JAKARTA (Suara Karya): Anggota Pansus RUU tentang Susunan dan Kedudukan MPR, DPR, DPRD, dan DPD Rustam E Tamburaka mengatakan, ada wacana pimpinan DPR ke depan dijabat oleh pimpinan partai politik pemenang Pemilu 2009.
"Memang ada wacana pimpinan partai pemenang pemilu otomatis menjadi pimpinan DPR dan pimpinan DPR menjadi speaker of the house," kata Rustam E Tamburaka saat debat publik RUU tentang Susduk MPR, DPR, dan DPD, di Bengkulu, Kamis.
Rustam yang anggota DPR dari Fraksi Partai Golkar itu juga mengatakan, selain masalah pimpinan DPR, berbagai wacana juga mengemuka dalam pembahasan RUU Susduk tersebut, seperti pengerucutan jumlah komisi dan jabatan sekretaris jenderal MPR, DPR, dan DPD.
Ia menjelaskan, jumlah fraksi di DPR nanti hanya berkisar lima sampai tujuh fraksi, lebih kecil dibandingkan saat ini yang 10 fraksi.

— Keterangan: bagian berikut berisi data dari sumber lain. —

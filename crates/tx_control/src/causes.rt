//! Why a transaction aborts.
ghost use Rattle.std.specs.Prelude.{◌≡◌};

use crate::Exception;
use crate::abort_codes::{
    EXTERNAL_INTERRUPTION, FETCH_CONFLICT, FETCH_OVERFLOW, FILTERED_EXCEPTION, NESTING_DEPTH,
    PROGRAM_INTERRUPTION, RESTRICTED_INSTRUCTION, STARVED, STORE_CONFLICT, STORE_OVERFLOW,
};

/// The cause of an abort. A line is named by its number, its first address divided by 256. `==` says whether
/// two causes are the same.
#[derive(Clone, Copy, PartialEq, Eq)]
pub enum Why {
    /// An external interruption.
    External,
    /// A program exception that is not filtered, and interrupts the program.
    Program(Exception),
    /// Another CPU wants to store into this line, from which the transaction has fetched.
    FetchConflict(u32),
    /// Another CPU wants this line, into which the transaction has stored.
    StoreConflict(u32),
    /// The transaction has fetched from more lines than can be kept.
    FetchOverflow,
    /// The transaction has stored into more of storage than can be kept.
    StoreOverflow,
    /// An instruction that transactions do not allow.
    Restricted,
    /// A program exception that is filtered, and interrupts nothing.
    Filtered(Exception),
    /// A begin inside sixteen open ones.
    Depth,
    /// Other CPUs have rejected too many requests.
    Starved,
    /// TABORT, with its abort code.
    Tabort(u64),
}

impl Why {
    ghost use Rattle.tx_control.specs.Causes.{code_number};

    /// The abort code of the cause: one of `abort_codes` for what the machine finds, and for TABORT the code
    /// that it gives.
    pub fn code(self) -> u64
        ensures { result ≡ code_number self }
    {
        match self {
            Why::External => EXTERNAL_INTERRUPTION,
            Why::Program(_) => PROGRAM_INTERRUPTION,
            Why::FetchOverflow => FETCH_OVERFLOW,
            Why::StoreOverflow => STORE_OVERFLOW,
            Why::FetchConflict(_) => FETCH_CONFLICT,
            Why::StoreConflict(_) => STORE_CONFLICT,
            Why::Restricted => RESTRICTED_INSTRUCTION,
            Why::Filtered(_) => FILTERED_EXCEPTION,
            Why::Depth => NESTING_DEPTH,
            Why::Starved => STARVED,
            Why::Tabort(code) => code,
        }
    }
}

Partai yang bisa membentuk fraksi hanya memperoleh kursi minimal tiga persen dari jumlah anggota DPR sebanyak 560 orang. Ini artinya, sebuah partai politik bisa membentuk fraksi tersendiri jika memiliki 17 kursi. Ia mengakui, dengan aturan ini maka bisa dipastikan hanya partai besar yang akan membentuk fraksi sendiri.
Untuk partai kecil yang perolehan kursinya di bawah tiga persen, kata dia, bisa bergabung dengan fraksi lain.
Sedangkan untuk posisi sekjen, ada yang mengusulkan agar cukup satu saja untuk tiga lembaga (MPR, DPR, dan DPD). Sedangkan yang menangani kegiatan harian pada lembaga-lembaga itu akan diangkat wakil sekjen.
Dalam pelaksanaan pergantian antarwaktu (PAW), menurut dia, juga akan diatur secara tegas sesuai dengan prosedur yang berlaku, yakni hanya bisa dilakukan oleh KPU, berdasarkan nomor urut.
"Pelaksanaan PAW saat ini kadang masih terjadi pelanggaran prosedur, sering tak melalui KPU, tapi langsung ditentukan oleh partai politik," katanya.
Di tempat terpisah, Direktur Eksekutif Centre for Electoral Reform (CETRO) Hadar N Gumay berpendapat, aturan parliamentary threshold (PT) atau batas minimal perolehan suara parpol secara nasional untuk bisa memperoleh kursi di DPR, seperti yang diatur dalam UU No 10 Tahun 2008 tentang Pemilu, akan mengerucutkan jumlah partai.
"Aturan itu bagus karena bisa mengefisienkan demokrasi," ujarnya.
Menurut Hadar, jika menggunakan data hasil Pemilu 2004, maka berdasarkan ketentuan PT sebesar 2,5 persen perolehan suara secara nasional hanya akan ada delapan partai yang bisa duduk di DPR.
Kursi Bertambah
Kedelapan partai itu adalah Partai Golkar, PDI Perjuangan, Partai Kebangkitan Bangsa (PKB), Partai Persatuan Pembangunan (PPP), Partai Demokrat, Partai Keadilan Sejahtera (PKS), Partai Amanat Nasional (PAN), dan Partai Bulan Bintang (PBB).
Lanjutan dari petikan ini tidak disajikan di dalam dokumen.